### WORK REQUIRED:
Your task is to gather the lines below that hold the string "with".

### MATERIAL FOR THIS EXERCISE:

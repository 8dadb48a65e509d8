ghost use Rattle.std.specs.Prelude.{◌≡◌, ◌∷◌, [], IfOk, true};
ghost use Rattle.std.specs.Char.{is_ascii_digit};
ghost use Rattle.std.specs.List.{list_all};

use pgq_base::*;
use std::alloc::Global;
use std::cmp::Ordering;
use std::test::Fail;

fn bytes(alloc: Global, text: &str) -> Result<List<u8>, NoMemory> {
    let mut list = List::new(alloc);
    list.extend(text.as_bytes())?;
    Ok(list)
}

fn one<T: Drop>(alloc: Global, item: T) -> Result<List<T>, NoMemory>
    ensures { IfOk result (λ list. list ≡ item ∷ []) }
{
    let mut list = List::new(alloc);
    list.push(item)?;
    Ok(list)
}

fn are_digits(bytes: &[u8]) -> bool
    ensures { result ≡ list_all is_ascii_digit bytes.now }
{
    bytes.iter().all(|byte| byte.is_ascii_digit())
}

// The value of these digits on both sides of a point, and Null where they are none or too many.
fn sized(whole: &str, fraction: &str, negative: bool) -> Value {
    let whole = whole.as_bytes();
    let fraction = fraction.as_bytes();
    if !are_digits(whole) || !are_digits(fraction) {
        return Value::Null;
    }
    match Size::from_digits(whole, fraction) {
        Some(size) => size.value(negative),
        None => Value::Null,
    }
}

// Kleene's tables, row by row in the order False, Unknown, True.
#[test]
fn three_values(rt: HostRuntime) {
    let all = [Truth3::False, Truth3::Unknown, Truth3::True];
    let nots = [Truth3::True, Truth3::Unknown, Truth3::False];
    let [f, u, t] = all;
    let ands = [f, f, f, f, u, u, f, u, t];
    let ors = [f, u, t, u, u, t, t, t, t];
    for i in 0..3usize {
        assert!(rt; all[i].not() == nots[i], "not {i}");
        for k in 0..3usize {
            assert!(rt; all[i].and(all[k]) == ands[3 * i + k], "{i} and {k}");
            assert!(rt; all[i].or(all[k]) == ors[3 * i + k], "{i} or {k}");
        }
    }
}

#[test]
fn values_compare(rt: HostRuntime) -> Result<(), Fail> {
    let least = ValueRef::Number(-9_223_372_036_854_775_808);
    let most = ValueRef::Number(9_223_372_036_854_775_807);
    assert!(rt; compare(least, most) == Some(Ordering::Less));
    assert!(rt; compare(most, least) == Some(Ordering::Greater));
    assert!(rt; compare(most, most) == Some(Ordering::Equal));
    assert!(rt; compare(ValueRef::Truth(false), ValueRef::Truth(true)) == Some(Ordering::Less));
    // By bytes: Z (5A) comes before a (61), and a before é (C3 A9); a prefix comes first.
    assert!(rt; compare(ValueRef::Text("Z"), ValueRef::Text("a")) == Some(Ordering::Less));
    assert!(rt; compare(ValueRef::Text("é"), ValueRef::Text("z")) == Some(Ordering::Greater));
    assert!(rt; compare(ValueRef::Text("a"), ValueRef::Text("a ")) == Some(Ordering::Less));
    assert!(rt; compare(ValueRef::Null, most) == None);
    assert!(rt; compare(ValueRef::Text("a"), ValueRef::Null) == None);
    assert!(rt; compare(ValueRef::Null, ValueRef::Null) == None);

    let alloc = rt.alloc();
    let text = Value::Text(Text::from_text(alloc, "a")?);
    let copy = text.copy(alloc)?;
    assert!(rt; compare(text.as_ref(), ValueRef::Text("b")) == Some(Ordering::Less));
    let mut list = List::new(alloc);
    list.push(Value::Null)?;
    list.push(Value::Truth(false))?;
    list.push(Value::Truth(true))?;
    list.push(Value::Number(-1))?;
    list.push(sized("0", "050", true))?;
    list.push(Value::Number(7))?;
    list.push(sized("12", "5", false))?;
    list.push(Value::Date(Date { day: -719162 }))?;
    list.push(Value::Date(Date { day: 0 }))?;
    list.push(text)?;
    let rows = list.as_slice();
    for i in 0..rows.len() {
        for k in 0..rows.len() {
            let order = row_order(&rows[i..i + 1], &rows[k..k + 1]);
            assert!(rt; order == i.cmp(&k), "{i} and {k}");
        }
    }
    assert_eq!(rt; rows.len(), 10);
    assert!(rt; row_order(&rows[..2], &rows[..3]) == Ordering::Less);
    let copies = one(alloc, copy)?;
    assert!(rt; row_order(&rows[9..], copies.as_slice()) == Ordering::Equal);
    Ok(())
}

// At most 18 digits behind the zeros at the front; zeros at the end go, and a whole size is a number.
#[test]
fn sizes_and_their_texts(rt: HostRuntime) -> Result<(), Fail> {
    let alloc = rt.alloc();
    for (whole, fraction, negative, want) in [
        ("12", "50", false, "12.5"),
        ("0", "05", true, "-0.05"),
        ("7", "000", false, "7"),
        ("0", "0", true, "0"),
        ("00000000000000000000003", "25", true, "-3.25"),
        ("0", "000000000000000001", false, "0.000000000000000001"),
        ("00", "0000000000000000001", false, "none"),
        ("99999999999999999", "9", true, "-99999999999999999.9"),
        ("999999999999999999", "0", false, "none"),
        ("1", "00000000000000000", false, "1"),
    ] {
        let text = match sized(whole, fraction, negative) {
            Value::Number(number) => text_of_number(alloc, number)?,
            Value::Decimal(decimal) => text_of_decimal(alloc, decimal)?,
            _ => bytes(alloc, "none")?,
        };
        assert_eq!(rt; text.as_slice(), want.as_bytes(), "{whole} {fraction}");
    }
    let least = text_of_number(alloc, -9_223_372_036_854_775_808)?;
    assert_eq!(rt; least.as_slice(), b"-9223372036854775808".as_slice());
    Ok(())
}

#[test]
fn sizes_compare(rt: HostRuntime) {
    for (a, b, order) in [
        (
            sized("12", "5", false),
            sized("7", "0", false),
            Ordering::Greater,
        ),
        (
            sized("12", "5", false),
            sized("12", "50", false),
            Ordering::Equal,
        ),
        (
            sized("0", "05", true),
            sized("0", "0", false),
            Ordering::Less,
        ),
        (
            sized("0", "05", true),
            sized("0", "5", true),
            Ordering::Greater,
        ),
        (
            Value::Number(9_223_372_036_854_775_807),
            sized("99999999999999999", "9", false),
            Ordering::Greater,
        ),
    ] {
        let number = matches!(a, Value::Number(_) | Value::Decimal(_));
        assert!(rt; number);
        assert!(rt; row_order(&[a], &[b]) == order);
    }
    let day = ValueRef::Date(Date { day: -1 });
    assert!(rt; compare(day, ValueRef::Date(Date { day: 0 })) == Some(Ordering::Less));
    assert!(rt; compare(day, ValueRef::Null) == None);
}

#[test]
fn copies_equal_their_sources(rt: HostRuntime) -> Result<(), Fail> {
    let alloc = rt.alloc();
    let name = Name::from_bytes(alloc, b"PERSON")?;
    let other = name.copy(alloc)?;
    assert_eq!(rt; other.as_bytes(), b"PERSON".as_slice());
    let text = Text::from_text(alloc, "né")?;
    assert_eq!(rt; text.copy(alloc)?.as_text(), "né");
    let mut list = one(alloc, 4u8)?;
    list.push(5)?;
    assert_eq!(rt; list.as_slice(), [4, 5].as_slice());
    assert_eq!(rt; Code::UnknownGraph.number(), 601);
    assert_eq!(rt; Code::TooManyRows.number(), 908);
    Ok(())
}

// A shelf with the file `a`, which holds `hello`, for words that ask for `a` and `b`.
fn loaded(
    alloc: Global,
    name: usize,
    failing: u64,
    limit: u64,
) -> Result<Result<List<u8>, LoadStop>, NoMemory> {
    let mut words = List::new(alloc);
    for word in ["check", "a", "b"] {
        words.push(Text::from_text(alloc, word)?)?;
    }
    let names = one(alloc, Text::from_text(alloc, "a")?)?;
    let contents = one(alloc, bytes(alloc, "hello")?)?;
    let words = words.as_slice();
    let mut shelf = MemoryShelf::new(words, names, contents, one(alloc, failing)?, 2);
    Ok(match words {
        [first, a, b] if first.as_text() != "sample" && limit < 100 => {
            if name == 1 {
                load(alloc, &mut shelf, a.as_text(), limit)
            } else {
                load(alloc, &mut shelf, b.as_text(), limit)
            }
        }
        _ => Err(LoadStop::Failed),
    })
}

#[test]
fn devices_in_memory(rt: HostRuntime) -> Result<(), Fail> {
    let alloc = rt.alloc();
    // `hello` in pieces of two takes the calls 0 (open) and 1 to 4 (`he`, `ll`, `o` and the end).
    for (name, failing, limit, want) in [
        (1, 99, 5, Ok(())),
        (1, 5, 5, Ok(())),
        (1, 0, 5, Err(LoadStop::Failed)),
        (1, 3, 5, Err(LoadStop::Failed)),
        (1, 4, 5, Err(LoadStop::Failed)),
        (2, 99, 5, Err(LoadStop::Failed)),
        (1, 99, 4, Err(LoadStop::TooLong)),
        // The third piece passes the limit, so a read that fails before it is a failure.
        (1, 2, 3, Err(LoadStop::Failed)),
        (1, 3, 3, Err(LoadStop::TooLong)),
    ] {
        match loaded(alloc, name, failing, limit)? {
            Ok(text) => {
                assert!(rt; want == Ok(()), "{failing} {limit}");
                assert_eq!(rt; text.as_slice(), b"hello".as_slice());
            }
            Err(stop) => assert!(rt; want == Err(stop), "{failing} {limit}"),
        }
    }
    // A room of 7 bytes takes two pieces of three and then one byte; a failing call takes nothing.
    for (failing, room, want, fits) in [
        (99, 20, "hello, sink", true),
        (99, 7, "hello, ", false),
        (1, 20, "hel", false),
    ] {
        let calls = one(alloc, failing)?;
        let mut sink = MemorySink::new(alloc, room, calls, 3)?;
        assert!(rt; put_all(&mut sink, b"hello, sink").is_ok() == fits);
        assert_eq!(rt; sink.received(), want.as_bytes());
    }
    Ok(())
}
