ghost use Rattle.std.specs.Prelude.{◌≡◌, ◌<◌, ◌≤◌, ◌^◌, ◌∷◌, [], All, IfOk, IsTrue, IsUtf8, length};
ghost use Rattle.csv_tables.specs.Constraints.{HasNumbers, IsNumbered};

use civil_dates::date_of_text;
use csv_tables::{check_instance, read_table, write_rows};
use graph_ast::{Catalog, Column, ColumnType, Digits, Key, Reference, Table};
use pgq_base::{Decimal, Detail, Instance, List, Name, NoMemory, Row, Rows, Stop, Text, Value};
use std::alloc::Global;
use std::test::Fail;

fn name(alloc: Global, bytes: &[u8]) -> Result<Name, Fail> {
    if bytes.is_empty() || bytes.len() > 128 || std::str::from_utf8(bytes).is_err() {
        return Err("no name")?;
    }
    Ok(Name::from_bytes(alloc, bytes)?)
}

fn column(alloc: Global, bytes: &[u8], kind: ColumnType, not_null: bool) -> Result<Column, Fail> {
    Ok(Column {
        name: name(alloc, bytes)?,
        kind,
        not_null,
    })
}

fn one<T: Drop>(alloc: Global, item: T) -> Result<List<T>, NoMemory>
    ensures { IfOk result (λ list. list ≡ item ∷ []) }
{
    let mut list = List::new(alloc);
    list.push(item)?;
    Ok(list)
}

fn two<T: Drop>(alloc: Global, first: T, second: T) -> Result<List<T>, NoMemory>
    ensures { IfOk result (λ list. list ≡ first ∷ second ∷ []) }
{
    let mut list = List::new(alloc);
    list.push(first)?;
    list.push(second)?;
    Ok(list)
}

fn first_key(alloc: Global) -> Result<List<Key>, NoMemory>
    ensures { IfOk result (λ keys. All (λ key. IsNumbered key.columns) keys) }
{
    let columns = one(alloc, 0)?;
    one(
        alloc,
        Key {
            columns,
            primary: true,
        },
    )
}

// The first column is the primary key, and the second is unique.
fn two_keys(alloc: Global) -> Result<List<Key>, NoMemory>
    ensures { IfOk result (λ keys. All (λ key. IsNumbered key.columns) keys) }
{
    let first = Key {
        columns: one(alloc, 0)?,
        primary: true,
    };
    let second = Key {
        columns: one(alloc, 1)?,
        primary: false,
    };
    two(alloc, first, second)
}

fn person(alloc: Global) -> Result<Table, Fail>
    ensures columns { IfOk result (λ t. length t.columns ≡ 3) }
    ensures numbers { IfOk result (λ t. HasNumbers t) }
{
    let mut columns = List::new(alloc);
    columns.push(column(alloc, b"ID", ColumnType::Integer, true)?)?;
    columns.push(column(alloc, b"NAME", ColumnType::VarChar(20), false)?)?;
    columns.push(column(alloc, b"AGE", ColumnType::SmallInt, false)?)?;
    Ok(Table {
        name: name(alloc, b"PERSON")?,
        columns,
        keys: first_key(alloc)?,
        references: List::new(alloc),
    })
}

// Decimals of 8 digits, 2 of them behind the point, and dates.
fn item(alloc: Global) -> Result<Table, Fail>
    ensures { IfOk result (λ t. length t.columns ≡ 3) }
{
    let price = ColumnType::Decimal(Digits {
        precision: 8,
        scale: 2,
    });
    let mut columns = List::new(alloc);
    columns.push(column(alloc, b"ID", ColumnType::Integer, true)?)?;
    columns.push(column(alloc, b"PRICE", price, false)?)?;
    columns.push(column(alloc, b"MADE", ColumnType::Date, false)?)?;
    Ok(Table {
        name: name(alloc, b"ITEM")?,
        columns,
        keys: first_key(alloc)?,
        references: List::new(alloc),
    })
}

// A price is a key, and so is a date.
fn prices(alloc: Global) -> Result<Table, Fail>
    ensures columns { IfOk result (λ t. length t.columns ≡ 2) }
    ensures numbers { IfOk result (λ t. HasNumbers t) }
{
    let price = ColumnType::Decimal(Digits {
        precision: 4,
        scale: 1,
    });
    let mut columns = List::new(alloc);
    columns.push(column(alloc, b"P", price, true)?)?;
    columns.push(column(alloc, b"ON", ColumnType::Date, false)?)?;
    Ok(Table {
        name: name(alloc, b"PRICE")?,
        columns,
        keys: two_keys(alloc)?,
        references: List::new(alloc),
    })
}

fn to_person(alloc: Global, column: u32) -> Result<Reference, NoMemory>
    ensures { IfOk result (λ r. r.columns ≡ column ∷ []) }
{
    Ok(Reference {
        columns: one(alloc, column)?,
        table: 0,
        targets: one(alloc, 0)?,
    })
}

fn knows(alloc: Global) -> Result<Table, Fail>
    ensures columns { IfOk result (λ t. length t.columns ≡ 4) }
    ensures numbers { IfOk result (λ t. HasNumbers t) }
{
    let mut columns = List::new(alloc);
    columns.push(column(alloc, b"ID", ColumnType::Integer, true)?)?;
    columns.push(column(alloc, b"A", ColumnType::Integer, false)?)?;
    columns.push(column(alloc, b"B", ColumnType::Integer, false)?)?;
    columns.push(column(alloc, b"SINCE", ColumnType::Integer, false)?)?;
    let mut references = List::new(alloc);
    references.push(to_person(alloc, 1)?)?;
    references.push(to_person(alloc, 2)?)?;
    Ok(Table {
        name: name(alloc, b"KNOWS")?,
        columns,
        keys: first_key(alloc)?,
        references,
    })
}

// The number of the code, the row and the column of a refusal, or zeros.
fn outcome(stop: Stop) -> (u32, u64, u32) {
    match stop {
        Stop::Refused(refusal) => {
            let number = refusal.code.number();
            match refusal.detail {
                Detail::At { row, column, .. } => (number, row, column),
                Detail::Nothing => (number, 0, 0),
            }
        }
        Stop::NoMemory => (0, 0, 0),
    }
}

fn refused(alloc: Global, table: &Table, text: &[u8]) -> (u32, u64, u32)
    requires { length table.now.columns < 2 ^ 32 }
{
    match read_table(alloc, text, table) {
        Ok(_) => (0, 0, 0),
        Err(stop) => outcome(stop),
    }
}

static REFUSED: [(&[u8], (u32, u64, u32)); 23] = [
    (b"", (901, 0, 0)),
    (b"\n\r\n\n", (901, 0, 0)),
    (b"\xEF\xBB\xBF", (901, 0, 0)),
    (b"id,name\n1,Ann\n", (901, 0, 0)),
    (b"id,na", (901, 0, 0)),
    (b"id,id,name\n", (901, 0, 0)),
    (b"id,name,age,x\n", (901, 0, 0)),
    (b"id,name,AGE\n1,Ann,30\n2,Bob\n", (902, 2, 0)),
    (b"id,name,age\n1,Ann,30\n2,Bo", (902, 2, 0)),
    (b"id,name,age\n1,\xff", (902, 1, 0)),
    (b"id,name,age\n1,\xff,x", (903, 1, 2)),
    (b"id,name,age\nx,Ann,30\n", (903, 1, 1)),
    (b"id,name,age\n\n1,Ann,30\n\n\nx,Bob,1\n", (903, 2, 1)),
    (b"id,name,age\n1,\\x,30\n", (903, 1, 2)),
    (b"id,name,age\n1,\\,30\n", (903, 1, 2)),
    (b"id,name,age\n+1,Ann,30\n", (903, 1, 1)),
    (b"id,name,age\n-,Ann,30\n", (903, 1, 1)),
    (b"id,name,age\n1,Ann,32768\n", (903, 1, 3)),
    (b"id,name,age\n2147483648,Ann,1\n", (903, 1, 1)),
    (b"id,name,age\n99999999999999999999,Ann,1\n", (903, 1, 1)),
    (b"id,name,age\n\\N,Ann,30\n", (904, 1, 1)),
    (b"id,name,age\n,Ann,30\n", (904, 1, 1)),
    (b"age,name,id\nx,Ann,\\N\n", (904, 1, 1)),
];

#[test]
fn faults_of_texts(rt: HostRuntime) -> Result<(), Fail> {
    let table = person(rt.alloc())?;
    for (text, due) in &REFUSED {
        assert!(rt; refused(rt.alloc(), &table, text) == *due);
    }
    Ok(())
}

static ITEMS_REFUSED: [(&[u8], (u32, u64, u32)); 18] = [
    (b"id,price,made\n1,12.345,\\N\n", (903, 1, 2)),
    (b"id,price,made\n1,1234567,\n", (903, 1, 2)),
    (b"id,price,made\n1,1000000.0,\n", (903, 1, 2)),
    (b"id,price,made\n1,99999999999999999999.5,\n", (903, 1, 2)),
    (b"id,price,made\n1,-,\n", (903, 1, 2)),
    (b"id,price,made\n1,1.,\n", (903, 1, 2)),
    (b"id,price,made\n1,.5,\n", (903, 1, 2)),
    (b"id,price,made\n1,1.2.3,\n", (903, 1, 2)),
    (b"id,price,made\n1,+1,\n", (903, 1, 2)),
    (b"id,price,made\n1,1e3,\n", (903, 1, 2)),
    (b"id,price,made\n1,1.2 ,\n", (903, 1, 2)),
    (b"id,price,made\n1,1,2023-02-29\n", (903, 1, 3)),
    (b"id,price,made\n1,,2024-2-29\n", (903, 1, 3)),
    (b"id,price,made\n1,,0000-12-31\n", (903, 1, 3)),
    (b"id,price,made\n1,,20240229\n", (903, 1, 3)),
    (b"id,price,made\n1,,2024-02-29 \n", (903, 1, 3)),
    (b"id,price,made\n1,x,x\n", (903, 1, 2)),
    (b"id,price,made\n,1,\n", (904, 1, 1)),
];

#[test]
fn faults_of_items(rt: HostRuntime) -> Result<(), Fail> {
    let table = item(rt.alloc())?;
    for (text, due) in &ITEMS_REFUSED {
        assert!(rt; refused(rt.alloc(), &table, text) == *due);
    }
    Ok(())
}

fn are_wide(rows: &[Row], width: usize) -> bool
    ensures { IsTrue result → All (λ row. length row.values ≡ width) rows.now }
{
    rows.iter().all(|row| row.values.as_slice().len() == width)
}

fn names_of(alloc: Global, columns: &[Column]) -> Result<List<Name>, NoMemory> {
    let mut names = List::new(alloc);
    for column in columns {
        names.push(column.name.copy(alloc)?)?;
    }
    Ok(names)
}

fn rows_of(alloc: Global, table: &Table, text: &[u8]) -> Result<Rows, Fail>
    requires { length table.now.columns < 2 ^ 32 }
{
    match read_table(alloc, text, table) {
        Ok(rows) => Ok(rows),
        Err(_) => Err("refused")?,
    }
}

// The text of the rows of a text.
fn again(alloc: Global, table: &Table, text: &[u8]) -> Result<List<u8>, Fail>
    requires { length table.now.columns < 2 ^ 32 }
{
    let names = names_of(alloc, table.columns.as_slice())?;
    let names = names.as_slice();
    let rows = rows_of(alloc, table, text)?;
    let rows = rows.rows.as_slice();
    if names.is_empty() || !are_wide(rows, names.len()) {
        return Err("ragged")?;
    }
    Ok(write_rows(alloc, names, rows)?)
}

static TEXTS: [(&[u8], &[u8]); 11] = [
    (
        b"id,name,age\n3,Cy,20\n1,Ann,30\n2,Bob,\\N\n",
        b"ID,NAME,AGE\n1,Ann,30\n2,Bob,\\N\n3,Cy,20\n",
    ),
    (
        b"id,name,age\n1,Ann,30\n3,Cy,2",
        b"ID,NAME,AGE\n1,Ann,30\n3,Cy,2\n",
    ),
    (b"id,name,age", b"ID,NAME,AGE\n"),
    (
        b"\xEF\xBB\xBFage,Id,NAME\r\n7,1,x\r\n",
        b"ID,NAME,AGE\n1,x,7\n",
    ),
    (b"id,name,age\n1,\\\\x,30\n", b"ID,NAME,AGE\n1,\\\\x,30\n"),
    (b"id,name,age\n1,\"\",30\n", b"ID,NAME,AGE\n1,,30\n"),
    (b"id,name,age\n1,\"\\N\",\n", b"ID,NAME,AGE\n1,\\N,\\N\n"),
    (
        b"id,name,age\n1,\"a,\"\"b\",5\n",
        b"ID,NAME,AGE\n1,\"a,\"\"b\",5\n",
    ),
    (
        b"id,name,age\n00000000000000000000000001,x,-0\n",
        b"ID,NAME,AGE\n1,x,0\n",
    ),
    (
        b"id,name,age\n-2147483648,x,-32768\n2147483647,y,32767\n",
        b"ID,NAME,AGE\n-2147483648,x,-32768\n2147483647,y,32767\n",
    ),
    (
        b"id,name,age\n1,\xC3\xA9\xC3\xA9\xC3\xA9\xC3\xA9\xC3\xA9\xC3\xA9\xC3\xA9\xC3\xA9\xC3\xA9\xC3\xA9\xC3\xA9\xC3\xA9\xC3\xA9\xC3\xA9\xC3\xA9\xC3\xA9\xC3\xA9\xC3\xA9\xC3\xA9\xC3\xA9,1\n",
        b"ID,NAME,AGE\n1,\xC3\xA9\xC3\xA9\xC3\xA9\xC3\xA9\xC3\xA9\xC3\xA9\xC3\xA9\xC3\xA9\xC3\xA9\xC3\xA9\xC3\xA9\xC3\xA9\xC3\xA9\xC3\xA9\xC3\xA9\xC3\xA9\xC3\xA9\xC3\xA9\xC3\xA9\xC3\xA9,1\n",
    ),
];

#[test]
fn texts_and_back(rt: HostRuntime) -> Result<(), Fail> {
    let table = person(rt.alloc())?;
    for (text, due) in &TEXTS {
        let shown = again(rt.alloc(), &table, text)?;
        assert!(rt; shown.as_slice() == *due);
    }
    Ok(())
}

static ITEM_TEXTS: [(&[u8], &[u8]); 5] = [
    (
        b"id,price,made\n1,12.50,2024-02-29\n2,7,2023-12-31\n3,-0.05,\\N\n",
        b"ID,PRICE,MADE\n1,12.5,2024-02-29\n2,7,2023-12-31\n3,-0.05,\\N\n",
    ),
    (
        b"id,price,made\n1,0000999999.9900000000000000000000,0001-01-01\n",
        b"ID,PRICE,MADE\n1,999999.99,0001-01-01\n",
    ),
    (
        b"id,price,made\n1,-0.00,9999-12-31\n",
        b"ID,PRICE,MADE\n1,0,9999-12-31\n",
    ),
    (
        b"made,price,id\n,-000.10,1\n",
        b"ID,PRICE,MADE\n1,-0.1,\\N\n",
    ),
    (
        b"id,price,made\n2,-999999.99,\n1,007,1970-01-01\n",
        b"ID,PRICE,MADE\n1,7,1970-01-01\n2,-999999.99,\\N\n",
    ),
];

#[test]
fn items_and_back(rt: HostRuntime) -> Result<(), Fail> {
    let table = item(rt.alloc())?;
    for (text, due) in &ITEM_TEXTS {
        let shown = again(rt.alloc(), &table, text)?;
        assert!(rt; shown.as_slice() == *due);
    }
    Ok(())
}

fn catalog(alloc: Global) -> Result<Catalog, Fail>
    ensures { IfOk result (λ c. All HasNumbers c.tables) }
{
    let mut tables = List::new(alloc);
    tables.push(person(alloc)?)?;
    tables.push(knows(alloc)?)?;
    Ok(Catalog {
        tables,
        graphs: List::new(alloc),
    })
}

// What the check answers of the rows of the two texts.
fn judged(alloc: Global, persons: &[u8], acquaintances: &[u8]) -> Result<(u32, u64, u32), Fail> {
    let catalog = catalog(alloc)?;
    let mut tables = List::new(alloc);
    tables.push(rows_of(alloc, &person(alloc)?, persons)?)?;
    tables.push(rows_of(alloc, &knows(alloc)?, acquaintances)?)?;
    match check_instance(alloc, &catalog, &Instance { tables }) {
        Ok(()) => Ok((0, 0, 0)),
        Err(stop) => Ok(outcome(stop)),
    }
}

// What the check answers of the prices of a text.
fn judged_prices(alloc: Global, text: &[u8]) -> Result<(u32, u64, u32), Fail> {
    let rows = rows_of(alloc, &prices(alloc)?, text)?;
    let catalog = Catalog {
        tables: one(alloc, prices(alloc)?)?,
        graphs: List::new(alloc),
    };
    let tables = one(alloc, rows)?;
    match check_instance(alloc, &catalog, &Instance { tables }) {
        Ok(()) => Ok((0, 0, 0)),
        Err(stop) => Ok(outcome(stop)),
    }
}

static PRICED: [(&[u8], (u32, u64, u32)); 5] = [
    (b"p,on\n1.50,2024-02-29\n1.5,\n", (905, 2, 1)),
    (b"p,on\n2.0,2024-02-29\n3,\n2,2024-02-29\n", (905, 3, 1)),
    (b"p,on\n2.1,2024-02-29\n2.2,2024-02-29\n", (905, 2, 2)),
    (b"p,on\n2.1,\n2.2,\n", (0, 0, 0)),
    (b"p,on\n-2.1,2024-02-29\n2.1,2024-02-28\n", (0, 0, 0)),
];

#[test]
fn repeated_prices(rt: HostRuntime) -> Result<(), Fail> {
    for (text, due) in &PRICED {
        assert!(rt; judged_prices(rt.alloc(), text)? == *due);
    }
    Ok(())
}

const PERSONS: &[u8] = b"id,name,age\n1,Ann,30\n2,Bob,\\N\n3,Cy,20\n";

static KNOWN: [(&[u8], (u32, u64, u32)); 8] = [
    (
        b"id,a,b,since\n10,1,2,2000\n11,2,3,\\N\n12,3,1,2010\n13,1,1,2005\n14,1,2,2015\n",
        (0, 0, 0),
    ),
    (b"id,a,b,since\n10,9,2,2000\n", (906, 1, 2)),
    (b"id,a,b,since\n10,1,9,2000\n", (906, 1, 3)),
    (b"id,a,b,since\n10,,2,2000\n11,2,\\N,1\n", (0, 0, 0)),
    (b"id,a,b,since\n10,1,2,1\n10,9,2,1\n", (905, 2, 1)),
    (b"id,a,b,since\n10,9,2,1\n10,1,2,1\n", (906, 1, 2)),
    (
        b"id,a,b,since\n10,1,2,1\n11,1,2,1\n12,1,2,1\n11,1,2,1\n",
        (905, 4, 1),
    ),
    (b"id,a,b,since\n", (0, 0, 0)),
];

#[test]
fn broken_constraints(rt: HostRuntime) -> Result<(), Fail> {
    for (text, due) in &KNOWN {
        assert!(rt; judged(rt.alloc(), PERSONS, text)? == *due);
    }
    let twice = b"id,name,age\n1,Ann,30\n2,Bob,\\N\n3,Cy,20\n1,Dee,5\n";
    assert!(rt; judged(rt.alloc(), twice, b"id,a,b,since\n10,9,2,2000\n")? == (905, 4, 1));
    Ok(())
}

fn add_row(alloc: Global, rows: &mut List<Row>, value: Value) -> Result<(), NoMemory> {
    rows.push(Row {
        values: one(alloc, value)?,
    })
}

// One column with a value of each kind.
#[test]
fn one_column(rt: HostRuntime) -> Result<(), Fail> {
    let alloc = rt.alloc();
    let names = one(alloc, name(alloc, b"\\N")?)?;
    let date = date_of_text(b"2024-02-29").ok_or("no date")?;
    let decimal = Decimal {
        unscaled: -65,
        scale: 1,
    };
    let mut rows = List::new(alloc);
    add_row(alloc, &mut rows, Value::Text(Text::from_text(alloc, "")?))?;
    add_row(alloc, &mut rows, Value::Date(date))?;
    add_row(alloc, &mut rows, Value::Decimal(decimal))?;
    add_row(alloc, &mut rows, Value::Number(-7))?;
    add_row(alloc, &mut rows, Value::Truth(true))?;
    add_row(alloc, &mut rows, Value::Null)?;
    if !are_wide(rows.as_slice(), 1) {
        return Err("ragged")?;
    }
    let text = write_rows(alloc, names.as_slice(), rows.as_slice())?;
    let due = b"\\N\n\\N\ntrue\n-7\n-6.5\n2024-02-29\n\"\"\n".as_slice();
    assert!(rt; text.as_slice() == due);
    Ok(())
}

### EXERCISE SOLUTION:
// A shelf with the file `a`, which holds `hello`, for words that ask for `a` and `b`.
// One column with a value of each kind.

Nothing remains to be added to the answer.